Week 6 Lab: PCR & Gibson Assembly

In this two-day lab, we used PCR and Gibson Assembly to engineer mutations in the chromophore region of the purple Acropora millepora chromoprotein (amilCP) in order to generate a range of orange, pink, and blue colour variants. Two separate PCR reactions were performed to generate the DNA fragments required for Gibson Assembly. The insert PCR region extended from 24 base pairs upstream of the chromophore to just beyond the transcription terminator of the gene. The forward primer was specifically designed with an intentional mismatch to introduce a site-directed mutation into the mUAV plasmid DNA. After assembly, the mutated plasmids were transformed into chemically competent E. coli cells for expression and analysis of the resulting colour phenotypes.

We prepared a backbone reaction alongside four color-specific reactions: Blue, Light Pink, Magenta, and Orange.

Setup the following PCR reactions:

After the reaction mixtures were prepared, the tubes were placed into thermocyclers.

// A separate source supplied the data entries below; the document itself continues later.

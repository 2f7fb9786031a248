// The image of a flash.
ghost use Rattle.std.specs.Prelude.{◌≡◌, ◌*◌, length, IfOk};
ghost use Rattle.image_survey.specs.Copies.{IsAnswer, LeavesAlone};

use flash_model::{Flash, Geometry, erased};
use record_slots::ScanError;
use std::alloc::Global;

/// All bytes of a flash, by one read of it.
pub fn read_image<F: Flash>(
    alloc: Global,
    flash: &mut F,
    geometry: &Geometry,
) -> Result<Vec<u8>, ScanError>
    ensures answer { IsAnswer geometry.now (F.state flash.old) (F.state flash.new) result }
    ensures alone { LeavesAlone F.tells (F.state flash.old) (F.state flash.new) }
    ensures image { IfOk result (λ image. F.tells → image.items ≡ (F.state flash.old).told.image) }
    ensures sized { IfOk result (λ image. length image.items ≡ geometry.now.slot_size * geometry.now.slots) }
{
    let found = flash.size();
    let sector = u64::from(flash.sector_size());
    if found != geometry.size() || sector != geometry.sector {
        return Err(ScanError::Size { found, sector });
    }
    let mut image = erased(alloc, geometry)?;
    flash.read(0, &mut image)?;
    Ok(image)
}
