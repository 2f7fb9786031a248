//! An image of a flash: what the first sector of a medium says, which geometry fits, and what each slot holds.
#![tactic(auto)]

mod checksum;
mod files;
mod finding;
mod firsts;
mod flash;
mod format;
mod further;
mod header;
mod heads;
mod kinds;
mod lives;
mod looks;
mod medium_laws;
mod reading;
mod survey;
mod totals;

pub use checksum::word_sum;
pub use files::{FileKind, FileView, view_file};
pub use finding::find;
pub use flash::read_image;
pub use format::{Content, FormatChange, format_change};
pub use header::{FirstSector, MediumError, VERSION, first_sector, geometry_of, medium_size};
pub use heads::{Guess, best_guess, count_heads};
pub use kinds::SlotKind;
pub use medium_laws::{a_cut_format_leaves_no_medium, a_format_makes_a_medium};
pub use reading::record_at;
pub use record_slots::{Look, ScanError};
pub use survey::{SlotView, survey_slots};
pub use totals::{Totals, count_slots};
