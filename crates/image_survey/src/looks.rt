// The heads and the tail marks of an image's slots.
ghost use Rattle.std.specs.Prelude.{◌≡◌, ◌+◌, ◌*◌, ◌<◌, ◌≤◌, length, IfOk};
ghost use Rattle.record_model.specs.Records.{slot_at};
ghost use Rattle.record_slots.specs.Looks.{IsSeen, AreSeen};

use crate::Look;
use flash_model::Geometry;
use record_slots::Head;
use std::alloc::{AllocError, Global};

/// The place of a slot's first byte.
#[tactic(auto, using(record_model::proofs::SlotLemmas::slot_within))]
pub fn place_of(geometry: &Geometry, slot: u32) -> usize
    requires { slot < geometry.now.slots }
    ensures place { result ≡ slot * geometry.now.slot_size }
    ensures within { result + geometry.now.slot_size ≤ geometry.now.slot_size * geometry.now.slots }
{
    (u64::from(slot) * geometry.slot_size()) as usize
}

/// The head and the tail mark of a slot of an image.
pub fn look_at(image: &[u8], geometry: &Geometry, slot: u32) -> Look
    requires sized { length image.now ≡ geometry.now.slot_size * geometry.now.slots }
    requires slot { slot < geometry.now.slots }
    ensures { IsSeen (slot_at geometry.now.slot_size image.now slot) result }
{
    let place = place_of(geometry, slot);
    let mut head = [0u8; 32];
    head.copy_from_slice(&image[place..place + 32]);
    let tail = image[place + (geometry.slot_size() as usize - 1)];
    Look {
        head: Head::decode(&head),
        tail,
    }
}

/// Those of all slots, one after another.
pub fn look_at_slots(
    alloc: Global,
    image: &[u8],
    geometry: &Geometry,
) -> Result<Vec<Look>, AllocError>
    requires sized { length image.now ≡ geometry.now.slot_size * geometry.now.slots }
    ensures seen { IfOk result (λ looks. AreSeen (slot_at geometry.now.slot_size image.now) geometry.now.slots
        looks.items) }
    ensures looked { IfOk result (λ looks. length looks.items ≡ geometry.now.slots) }
{
    let mut looks = Vec::with_capacity(alloc, geometry.slots() as usize)?;
    for slot in 0..geometry.slots as u32 {
        looks.push(look_at(image, geometry, slot))?;
    }
    Ok(looks)
}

The plasmid backbone PCR was run using a specialized program, while the colour mutation PCR reactions were run using a separate optimized cycling program.

We purified the PCR products using the Zymo DNA Clean & Concentrator Kit following the Zymo Research protocol based on silica adsorption.

We used Zymo-Spin purification columns to clean up the PCR products, performing two wash steps before eluting the purified DNA for storage. Since the provided protocol was designed for 50 μL PCR reactions, but our PCR reactions had a total volume of 25 μL, we used 20 μL of PCR product for purification while saving 5 μL separately, and scaled the remaining reagent volumes proportionally. Gel electrophoresis was then performed to verify successful DNA amplification.

As you can see from gel electrophoresis, the furthest left lane contained the DNA ladder, while Lane 1 contained the native plasmid control. Lanes 2–5 showed the expected PCR-amplified fragments for the Gibson Assembly, each appearing at approximately 650 bp. The gel results were very convincing, with strong bands at the expected fragment size and little to no evidence of primer dimers or nonspecific bands, indicating good PCR efficiency and high polymerase fidelity. The purified samples were then stored in the fridge until the following lab session.

On day 2, we took our PCR-generated DNA fragments and assembled them using Gibson Assembly. We diverged slightly from the standard protocol by using unpurified PCR products directly for the assembly reaction. This decision was made for a few reasons. First, we realized that we had very limited sample volumes for each colour mutant in both the purified and unpurified conditions, meaning we effectively had to choose between measuring concentration via NanoDrop or using the maximum possible amount of DNA for the assembly itself. In addition, several other groups reported extremely low, almost negligible, DNA concentrations after purification. Given our strong gel electrophoresis results, we felt it was reasonable to assume that the majority of DNA present in the reactions corresponded to the desired amplicon. We therefore proceeded with the unpurified PCR products while following the remainder of the Gibson Assembly protocol as written.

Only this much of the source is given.